Topic 09: Project - Scaling Kernels to Large Data

1. Objective

The goal of this project is to implement and benchmark large-scale kernel approximation techniques—Random Fourier Features (RFF) and the Nyström Method—against a standard Deep Learning baseline.

Dataset

  • Forest Cover Type Prediction: Multi-class classification of forest types based on cartographic variables.
  • Size: \(\approx 581,000\) samples.
  • Task: Classify into one of 7 forest cover types.

2. Implementation Steps

Step 1: Data Preparation

  1. Download the dataset from Kaggle.
  2. Normalize all continuous features to zero mean and unit variance.
  3. Split the data into Training (\(70\%\)), Validation (\(15\%\)), and Test (\(15\%\)).

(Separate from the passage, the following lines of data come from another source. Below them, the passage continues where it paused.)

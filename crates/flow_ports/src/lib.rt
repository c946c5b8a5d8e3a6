//! Streams and files, by the bytes that they give and take and by a count of their faults.
#![tactic(auto)]

mod memory;
mod ports;
mod real;
mod sure;
#[cfg(test)]
mod tests;
mod whole;

pub use memory::{MemShelf, MemSink, MemSource};
pub use ports::{Failed, LAST_COUNT, Shelf, Sink, Source};
pub use real::{FileShelf, FromReader, ToWriter};
pub use sure::{SureSink, SureSource};
pub use whole::{WholeFault, read_whole, write_whole};
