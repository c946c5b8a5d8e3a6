//! Reads lines of the input, with the exact place of each fault.
#![tactic(auto)]

mod events;
mod faults;
mod parts;
mod peeking;
mod reading;
mod times;
mod whens;
mod words;

pub use event_model::{Input, Judgement};
pub use faults::LineFault;
pub use line_reader::{Line, LineReader};
pub use reading::{lines_are_heard_exactly, parse_line};
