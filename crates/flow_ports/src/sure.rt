// Streams that never fail.
ghost use Rattle.std.specs.Prelude.{◌≡◌, ◌<◌, ◌≤◌, ◌↔◌, ◌^◌, Some, None, [], length, take, drop, min, IsOk, IfOk, OnErr, MatchResult, vec_len};

use crate::ports::{Failed, Sink, Source};
use crate::whole::copy_front;

/// A source of known bytes, none of whose calls fails: each gives as many bytes as fit.
#[derive(Drop)]
pub struct SureSource {
    bytes: Vec<u8>,
    at: usize,
    ghost within: { at ≤ vec_len bytes },
}

impl SureSource {
    /// A source that has given nothing yet.
    pub fn new(bytes: Vec<u8>) -> SureSource
        ensures left { ⟦<SureSource as Source>⟧.left result ≡ Some bytes.items }
        ensures faults { ⟦<SureSource as Source>⟧.faults result ≡ 0 }
    {
        SureSource { bytes, at: 0 }
    }
}

impl Source for SureSource {
    ghost use Rattle.std.specs.Io.{ReadsAtMost};
    ghost use Rattle.flow_ports.specs.Flow.{CountsFaults, Takes};
    ghost use Rattle.flow_ports.specs.Sure.{bytes_of};

    ghost left = { λ s. Some (bytes_of s) };

    ghost faults = { λ s. 0 };

    fn read(&mut self, buf: &mut [u8]) -> Result<usize, Failed>
        ensures bound { ReadsAtMost result buf.new }
        ensures bytes { MatchResult result
            (λ n. Takes (Some (bytes_of self.old)) (Some (bytes_of self.new)) (take n buf.new))
            (λ _. Some (bytes_of self.new) ≡ Some (bytes_of self.old)) }
        ensures rest { IfOk result (λ n. drop n buf.new ≡ drop n buf.old) }
        ensures end { IfOk result (λ n. n ≡ 0 → 0 < length buf.new → bytes_of self.new ≡ []) }
        ensures none { IfOk result (λ n. 0 < length buf.new → ((n ≡ 0) ↔ (bytes_of self.old ≡ []))) }
        ensures count { CountsFaults 0 0 result }
        ensures range { OnErr result (0 < 2 ^ 64) }

        // How much the call gives; none fails.
        ensures sure { IsOk result }
        ensures amount { IfOk result (λ n. n ≡ min (length (bytes_of self.old)) (length buf.new)) }
    {
        let n = (self.bytes.len() - self.at).min(buf.len());
        copy_front(buf, &self.bytes[self.at..self.at + n]);
        self.at += n;
        Ok(n)
    }
}

/// A sink that takes each piece whole, and drops it. It tells nothing of what it got.
#[derive(Drop)]
pub struct SureSink;

impl SureSink {
    /// A sink.
    pub fn new() -> SureSink
        ensures got { ⟦<SureSink as Sink>⟧.got result ≡ None }
        ensures faults { ⟦<SureSink as Sink>⟧.faults result ≡ 0 }
    {
        SureSink
    }
}

impl Sink for SureSink {
    ghost use Rattle.std.specs.Io.{WritesAtMost};
    ghost use Rattle.flow_ports.specs.Flow.{CountsFaults, Gives};
    ghost use Rattle.flow_ports.specs.Sure.{not_told};

    ghost got = { λ s. not_told };

    ghost faults = { λ s. 0 };

    fn write(&mut self, bytes: &[u8]) -> Result<usize, Failed>
        ensures bound { WritesAtMost result bytes.now }
        ensures some { IfOk result (λ n. 0 < length bytes.now → 0 < n) }
        ensures bytes { MatchResult result (λ n. Gives not_told not_told (take n bytes.now)) (λ _. not_told ≡ not_told) }
        ensures count { CountsFaults 0 0 result }
        ensures range { OnErr result (0 < 2 ^ 64) }

        // Each piece is taken whole.
        ensures whole { IfOk result (λ n. n ≡ length bytes.now) }
        ensures sure { IsOk result }
    {
        Ok(bytes.len())
    }
}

Step 2: Exact Kernel (Small Scale)

  1. Take a subset of \(N=5000\) points.
  2. Train a standard Kernel Ridge Classifier using the exact RBF kernel.
  3. Record the training time and accuracy.

Step 3: Random Fourier Features (RFF)

  1. Implement an RBF feature extractor:
  2. Sample \(\omega \sim \mathcal{N}(0, 2\gamma I)\).
  3. \(\phi(x) = \sqrt{\frac{2}{m}} \cos(\omega^\top x + b)\).

  4. Train a Linear SGD Classifier on the features \(\phi(x)\) for \(m \in \{100, 500, 1000, 5000\}\).

  5. Benchmark the training time and accuracy on the full dataset.

Step 4: Nyström Method

  1. Select \(m\) landmark points from the training set (use uniform sampling).
  2. Compute the low-rank approximation \(\hat{K}\).
  3. Solve the resulting system using the Nyström formula.
  4. Benchmark for the same values of \(m\).

3. Analysis & Expected Results

Performance Metrics

Model m Accuracy Training Time Memory
Exact (Small) N/A
RFF + Linear 1000
RFF + Linear 5000
Nyström 1000
Nyström 5000
MLP Baseline N/A

Expected Analysis Section

In your report, address the following:

  1. Accuracy vs. m: Plot how the accuracy improves as \(m\) increases. Is there a "diminishing returns" point?
  2. Approximation Quality: Compute the MSE between the exact Gram matrix and the approximations (on the \(5000\) point subset). Which method is more accurate for a fixed \(m\)?
  3. Efficiency: Discuss the memory trade-off. RFF requires \(O(m \times d)\) space for weights, while Nyström requires storing the landmarks \(O(m \times d)\) and the \(m \times m\) matrix.
  4. Conclusion: When would you recommend using a kernel approximation over a modern Deep Neural Network (MLP)?

4. Deliverables

  1. Source Code: A Python script or Jupyter Notebook (kernel_bench.py).
  2. Project Report: Including the plots and analysis mentioned above.
  3. Kaggle Submission: (Optional) Submit your RFF-based predictions to the Kaggle leaderboard and report your rank.

Tips

  • Use sklearn.kernel_approximation for optimized implementations, but try to write your own RFF sampler first to understand the math.
  • For Nyström, the landmark points can be chosen via K-means for better coverage of the data manifold.